═════ EXCERPTED RECORDS

//! Looks up a command in a state: why the state refuses it, or what it changes, by numbers. Nothing
//! here allocates.
use crate::MOST_COMMANDS;
use crate::resolved::Resolved;
use crate::state::State;
use ob_base::{Crew, Name, Refusal};
use ob_command::{
    CauseCode, CivilDate, Command, FeederNumber, Moment, NewDevice, Operation, Serial, Service,
};
use ob_cust::Customer;
use ob_net::Node;
use ob_sheet::{Entry, MOST_ENTRIES};

impl State {
    ghost use Rattle.std.specs.Prelude.{◌≡◌, ◌<◌, ℕ, List, [], ◌∷◌, Some, None, true, IfOk, IfSome, IsSome, OnOk};
    ghost use Rattle.std.specs.Result.{result_err};
    ghost use Rattle.jiff.specs.Words.{epoch_day};
    ghost use Rattle.ob_net.specs.Network.{home_feeder, node_refusal, section_of};
    ghost use Rattle.ob_time.specs.Calendar.{IsInPeriod, day_on};
    ghost use Rattle.ob_index.specs.Marks.{unmark_refusal};
    ghost use Rattle.ob_command.specs.Ranges.{IsCauseCode};
    ghost use Rattle.ob_state.specs.State.{has_cause};
    ghost use Rattle.ob_state.specs.Refusals.{day_refusal, first, if_outside, if_unknown_cause, refusal, refusals};
    ghost use Rattle.ob_state.specs.Resolved.{Resolves};

    /// Returns the change that a command makes, or the reason for which it is refused.
    pub fn resolve(&self, command: &Command) -> Result<Resolved, Refusal>
        ensures refused { result_err result ≡ refusal self.now.state command.now }
        ensures resolved { IfOk result (Resolves self.now.state command.now) }
        ensures few { OnOk result (self.now.state.accepted < 1_000_000) }
    {
        let resolved = self.resolve_kind(command)?;
        if self.accepted == MOST_COMMANDS {
            return Err(Refusal::Full(MOST_COMMANDS));
        }
        Ok(resolved)
    }

    // The change that a command makes, or the first refusal of its kind.
    fn resolve_kind(&self, command: &Command) -> Result<Resolved, Refusal>
        ensures refused { result_err result ≡ first (refusals self.now.state command.now) }
        ensures resolved { IfOk result (Resolves self.now.state command.now) }
    {
        match *command {
            Command::Cause { code, name } => self.resolve_cause(code, name),
            Command::Bus { name } => self.resolve_node(name, None),
            Command::Section { name, feeder } => self.resolve_node(name, Some(feeder)),
            Command::Device(device) => self.resolve_device(&device),
            Command::Life { device, life } => self.resolve_life(&device, life),
            Command::Connect {
                customer,
                section,
                service,
            } => self.resolve_connect(customer, &section, service),
            Command::Revise { customer, service } => self.resolve_revise(customer, service),
            Command::Switch { device, operation } => self.resolve_switch(&device, operation),
            Command::Correct {
                entry,
                revision,
                operation,
            } => self.resolve_correct(entry, revision, operation),
            Command::Withdraw { entry, revision } => self.resolve_withdraw(entry, revision),
            Command::Mark { date, engineer } => self.resolve_mark(date, engineer),
            Command::Unmark { date, .. } => self.resolve_unmark(date),
        }
    }

    fn resolve_cause(&self, code: CauseCode, name: Name) -> Result<Resolved, Refusal>
        ensures refused { result_err result
            ≡ first (refusals self.now.state (Command.Cause code name)) }
        ensures resolved { IfOk result (Resolves self.now.state (Command.Cause code name)) }
    {
        if self.causes.name(code.get()).is_some() || self.causes.has_name(&name) {
            return Err(Refusal::NameTaken);
        }
        Ok(Resolved::Cause { code, name })
    }

    // Looks up a new bus, or a new section with its home feeder.
    fn resolve_node(&self, name: Name, feeder: Option<FeederNumber>) -> Result<Resolved, Refusal>
        ensures refused { result_err result
            ≡ first (node_refusal self.now.state.network name ∷ []) }
        ensures bus { feeder ≡ None
            → IfOk result (Resolves self.now.state (Command.Bus name)) }
        ensures section { (f : ℕ) → feeder ≡ Some f
            → IfOk result (Resolves self.now.state (Command.Section name f)) }
    {
        if let Some(refusal) = self.net.node_refusal(&name) {
            return Err(refusal);
        }
        let number = self.net.nodes();
        let feeder = match feeder {
            Some(feeder) => Some(feeder.get()),
            None => None,
        };
        let node = Node { name, feeder };
        Ok(Resolved::Node { number, node })
    }

    fn resolve_device(&self, new: &NewDevice) -> Result<Resolved, Refusal>
        ensures refused { result_err result
            ≡ first (refusals self.now.state (Command.Device new.now)) }
        ensures resolved { IfOk result (Resolves self.now.state (Command.Device new.now)) }
    {
        let ends = &new.ends;
        let (a, b) = self
            .net
            .ends_of(&new.name, ends.a(), ends.b(), new.life.life())?;
        let number = self.net.devices();
        let device = new.between(a, b);
        Ok(Resolved::Device { number, device })
    }

    fn resolve_life(&self, device: &Name, life: Service) -> Result<Resolved, Refusal>
        ensures refused { result_err result
            ≡ first (refusals self.now.state (Command.Life device.now life)) }
        ensures resolved { IfOk result (Resolves self.now.state (Command.Life device.now life)) }
    {
        let new = life.life();
        let Some(device) = self.net.device_of(device) else {
            return Err(Refusal::UnknownName);
        };
        if !new.ends_later() {
            return Err(Refusal::BadLife);
        }
        let old = self.net.life_of(device);
        Ok(Resolved::Life { device, old, new })
    }

    fn resolve_connect(
        &self,
        customer: Serial,
        section: &Name,
        service: Service,
    ) -> Result<Resolved, Refusal>
        ensures refused { result_err result
            ≡ first (refusals self.now.state (Command.Connect customer section.now service)) }
        ensures resolved { IfOk result
            (Resolves self.now.state (Command.Connect customer section.now service)) }
    {
        let Some(section) = self.section_named(section) else {
            return Err(Refusal::UnknownName);
        };
        let customer = Customer {
            no: customer.get(),
            section,
            since: service.since.second(),
            until: service.end(),
        };
        if let Some(refusal) = self.roll.connect_refusal(&customer) {
            return Err(refusal);
        }
        Ok(Resolved::Customer(customer))
    }

    // The number of the section with this name; None if no node has the name, or if the node is a
    // bus.
    fn section_named(&self, name: &Name) -> Option<u16>
        ensures section { result ≡ section_of self.now.state.network name.now }
        ensures fed { IfSome result (λ v. IsSome (home_feeder self.now.state.network v)) }
    {
        let node = self.net.node_of(name)?;
        match self.net.feeder_of(node) {
            Some(_) => Some(node),
            None => None,
        }
    }

    fn resolve_revise(&self, customer: Serial, service: Service) -> Result<Resolved, Refusal>
        ensures refused { result_err result
            ≡ first (refusals self.now.state (Command.Revise customer service)) }
        ensures resolved { IfOk result (Resolves self.now.state (Command.Revise customer service)) }
    {
        let since = service.since.second();
        let until = service.end();
        let old = self.roll.customer_for(customer.get(), since, until)?;
        let new = Customer {
            since,
            until,
            ..old
        };
        Ok(Resolved::Service { old, new })
    }

    fn resolve_switch(&self, device: &Name, operation: Operation) -> Result<Resolved, Refusal>
        ensures refused { result_err result
            ≡ first (refusals self.now.state (Command.Switch device.now operation)) }
        ensures resolved { IfOk result
            (Resolves self.now.state (Command.Switch device.now operation)) }
    {
        let Some(device) = self.net.device_of(device) else {
            return Err(Refusal::UnknownName);
        };
        self.check_operation(operation.second, operation.cause)?;
        if self.sheet.is_full() {
            return Err(Refusal::Full(MOST_ENTRIES as u32));
        }
        Ok(Resolved::Entered(Entry {
            no: self.sheet.len() as u32 + 1,
            rev: 1,
            device,
            pos: operation.act,
            second: operation.second.second(),
            cause: operation.cause.get(),
            crew: operation.crew,
            kept: true,
        }))
    }

    fn resolve_correct(
        &self,
        entry: Serial,
        revision: Serial,
        operation: Operation,
    ) -> Result<Resolved, Refusal>
        ensures refused { result_err result
            ≡ first (refusals self.now.state (Command.Correct entry revision operation)) }
        ensures resolved { IfOk result
            (Resolves self.now.state (Command.Correct entry revision operation)) }
    {
        let old = self.sheet.kept_entry(entry.get(), revision.get())?;
        self.check_operation(operation.second, operation.cause)?;
        let new = Entry {
            rev: old.rev.saturating_add(1),
            pos: operation.act,
            second: operation.second.second(),
            cause: operation.cause.get(),
            crew: operation.crew,
            ..old
        };
        Ok(Resolved::Corrected { old, new })
    }

    fn resolve_withdraw(&self, entry: Serial, revision: Serial) -> Result<Resolved, Refusal>
        ensures refused { result_err result
            ≡ first (refusals self.now.state (Command.Withdraw entry revision)) }
        ensures resolved { IfOk result (Resolves self.now.state (Command.Withdraw entry revision)) }
    {
        let old = self.sheet.kept_entry(entry.get(), revision.get())?;
        let new = Entry {
            rev: old.rev.saturating_add(1),
            kept: false,
            ..old
        };
        Ok(Resolved::Withdrawn { old, new })
    }

    fn resolve_mark(&self, date: CivilDate, engineer: Crew) -> Result<Resolved, Refusal>
        ensures refused { result_err result
            ≡ first (refusals self.now.state (Command.Mark date engineer)) }
        ensures resolved { IfOk result (Resolves self.now.state (Command.Mark date engineer)) }
    {
        let Some(day) = self.period.day_index(&date.date()) else {
            return Err(Refusal::OutOfPeriod);
        };
        if self.marks.is_marked(day) {
            return Err(Refusal::MarkedAlready);
        }
        Ok(Resolved::Marked { day, engineer })
    }

    fn resolve_unmark(&self, date: CivilDate) -> Result<Resolved, Refusal>
        ensures refused { result_err result
            ≡ first (day_refusal (day_on self.now.state.period (epoch_day date))
            (unmark_refusal self.now.state.marks) ∷ []) }
        ensures resolved { (engineer : List ℕ)
            → IfOk result (Resolves self.now.state (Command.Unmark date engineer)) }
    {
        let Some(day) = self.period.day_index(&date.date()) else {
            return Err(Refusal::OutOfPeriod);
        };
        if !self.marks.is_marked(day) {
            return Err(Refusal::NotMarked);
        }
        Ok(Resolved::Unmarked { day })
    }

    // Checks that an operation lies in the period and that its cause has a name.
    fn check_operation(&self, second: Moment, cause: CauseCode) -> Result<(), Refusal>
        ensures refused { result_err result ≡ first (if_outside self.now.state.period second
            ∷ if_unknown_cause self.now.state.causes cause ∷ []) }
        ensures inside { OnOk result (IsInPeriod self.now.state.period second) }
        ensures cause { OnOk result (has_cause self.now.state.causes cause ≡ true) }
        ensures code { IsCauseCode cause }
    {
        let second = second.second();
        if second < self.period.first_second() || self.period.end_second() <= second {
            return Err(Refusal::OutOfPeriod);
        }
        if self.causes.name(cause.get()).is_none() {
            return Err(Refusal::UnknownCause);
        }
        Ok(())
    }
}
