//! An accepted command with numbers in place of names.
use ob_base::{Crew, Life, Name};
use ob_command::CauseCode;
use ob_cust::Customer;
use ob_net::{Device, Node};
use ob_sheet::Entry;

/// An accepted command, with numbers in place of names, and with the entry or the customer that it
/// concerns.
#[derive(Clone, Copy)]
pub enum Resolved {
    /// Adds a cause.
    Cause { code: CauseCode, name: Name },
    /// Adds a bus or a section, after all other nodes.
    Node { number: u16, node: Node },
    /// Adds a device, after all others.
    Device { number: u16, device: Device },
    /// Gives a device another in-service interval.
    Life { device: u16, old: Life, new: Life },
    /// Adds a customer.
    Customer(Customer),
    /// Gives a customer another service interval.
    Service { old: Customer, new: Customer },
    /// Adds an entry, with the number after the last.
    Entered(Entry),
    /// Corrects an entry: `new` replaces `old`.
    Corrected { old: Entry, new: Entry },
    /// Withdraws an entry, which then no longer counts.
    Withdrawn { old: Entry, new: Entry },
    /// Marks a day of the period as a major event day.
    Marked { day: u16, engineer: Crew },
    /// Removes the major event day flag of a day.
    Unmarked { day: u16 },
}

══════════

** WHAT YOU NEED TO DO **
Copy every line from the material in which the word "Adds" can be found.

** ANSWER TO THE PROBLEM **
    /// Adds a cause.
    /// Adds a bus or a section, after all other nodes.
    /// Adds a device, after all others.
    /// Adds a customer.
    /// Adds an entry, with the number after the last.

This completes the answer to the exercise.